The temporal distribution of Decatur County's WARN notices—concentrated in 2009–2010 and then appearing again in 2018—reveals economic stress points aligned with broader macroeconomic cycles. The 2009–2010 notices correspond to the Great Recession's aftermath, when manufacturing employment contracted sharply nationwide. Indiana's manufacturing sector experienced particularly severe disruption during this period as automotive supply chains, equipment manufacturing, and industrial production faced demand collapse.

The eight-year gap before the 2018 notice suggests either economic recovery and stability during the 2011–2017 period, or potentially unreported layoffs. However, the 2018 notice appears isolated rather than part of a broader downturn sequence, possibly reflecting sector-specific or company-specific pressures rather than county-wide manufacturing contraction.

The absence of WARN notices after 2018 through 2026 requires cautious interpretation. Current Indiana labor market data shows strong conditions—the state's 3.3% unemployment rate and declining jobless claims suggest economic expansion. This may indicate that Decatur County's major employers have stabilized, or alternatively, that employers are managing workforce reductions through attrition, part-time transitions, or other mechanisms avoiding WARN thresholds. The relatively small size of remaining employer bases may also mean that further reductions would be immaterial to county employment.
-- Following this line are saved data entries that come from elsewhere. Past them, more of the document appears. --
//! A source over a text in memory.
ghost use Rattle.std.specs.Prelude.{◌≡◌, ◌≤◌, ◌<◌, min, Some, length, take, IfOk, IsOk};
ghost use Rattle.std.specs.Io.KnownBytes.{prepend_known, IsAtEnd};

use crate::{Failed, Source};
use std::marker::Model;
use tm_types::Bytes;

/// A source over a text in memory, which never fails. It is seen as the bytes that are left.
#[derive(Debug, Drop)]
pub struct TextSource {
    text: Bytes,
    at: usize,
}

impl Model for TextSource {
    ghost use Rattle.std.specs.Prelude.{◌≤◌, ℕ, List, length, drop};

    ghost Value = { List ℕ };

    ghost view = { λ s. drop s.at s.text };

    ghost invariant = { λ s. s.at ≤ length s.text };
}

impl TextSource {
    /// A source of this text. This takes no memory.
    pub fn new(text: Bytes) -> TextSource
        ensures { result ≡ text }
    {
        TextSource { text, at: 0 }
    }
}

impl Source for TextSource {
    ghost left = { λ s. Some s };

    ghost faults = { λ _. 0 };

    fn take(&mut self, into: &mut [u8]) -> Result<usize, Failed>
        ensures within { IfOk result (λ n. n ≤ length into.new) }
        ensures taken { IfOk result (λ n. Some self.old ≡ prepend_known (take n into.new) (Some self.new)) }
        ensures ending { IfOk result (λ n. n ≡ 0 → 0 < length into.new → IsAtEnd (Some self.new)) }
        ensures never_fails { IsOk result }
        // It gives as much as the buffer takes.
        ensures filled { IfOk result (λ n. n ≡ min (length into.new) (length self.old)) }
    {
        let n = into.len().min(self.text.len() - self.at);
        into[..n].copy_from_slice(&self.text.as_slice()[self.at..self.at + n]);
        self.at += n;
        Ok(n)
    }
}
Local Economic Impact: Systemic Vulnerability and Community Stress

The cumulative displacement of 577 workers through documented WARN notices carries consequences extending far beyond those individuals. Manufacturing layoffs in concentrated rural or small-urban counties trigger cascading economic effects: displaced workers reduce consumer spending, eroding retail and service employment; property values decline as housing demand weakens; local government revenues contract as income taxes and sales taxes fall; and community institutions face pressure as philanthropic giving and civic participation decline.

Decatur County's narrow employment base amplifies these effects. With apparently only three major manufacturing employers, the county lacks economic diversification to absorb displaced workers. Unlike larger metropolitan areas with varied industries and occupational demands, Decatur County offers limited alternative employment pathways. Workers displaced from Delta Faucet, Printpack, or Meduit must either relocate, accept lower-wage service employment, or experience sustained unemployment.

The decade-spanning pattern of layoffs suggests chronic rather than temporary stress. Manufacturing employment in counties like Decatur has contracted persistently, reflecting automation, offshoring, supply chain rationalization, and secular shifts away from production-based economies. Each WARN notice represents a ratchet downward in the county's employment base, with limited evidence of offsetting job creation in growth sectors.

Conclusion: Structural Transformation Needed

Decatur County's WARN filing history reflects a manufacturing-dependent economy confronting long-term structural change without evident diversification strategy. While state-level labor market indicators show strength, county-level vulnerability persists. Future economic resilience requires deliberate economic development efforts attracting advanced manufacturing, professional services, healthcare, technology, or other growth sectors to broaden the employment base and reduce dependence on cyclical manufacturing employers. Without such transformation, Decatur County remains vulnerable to further displacement events driven by factors beyond local control.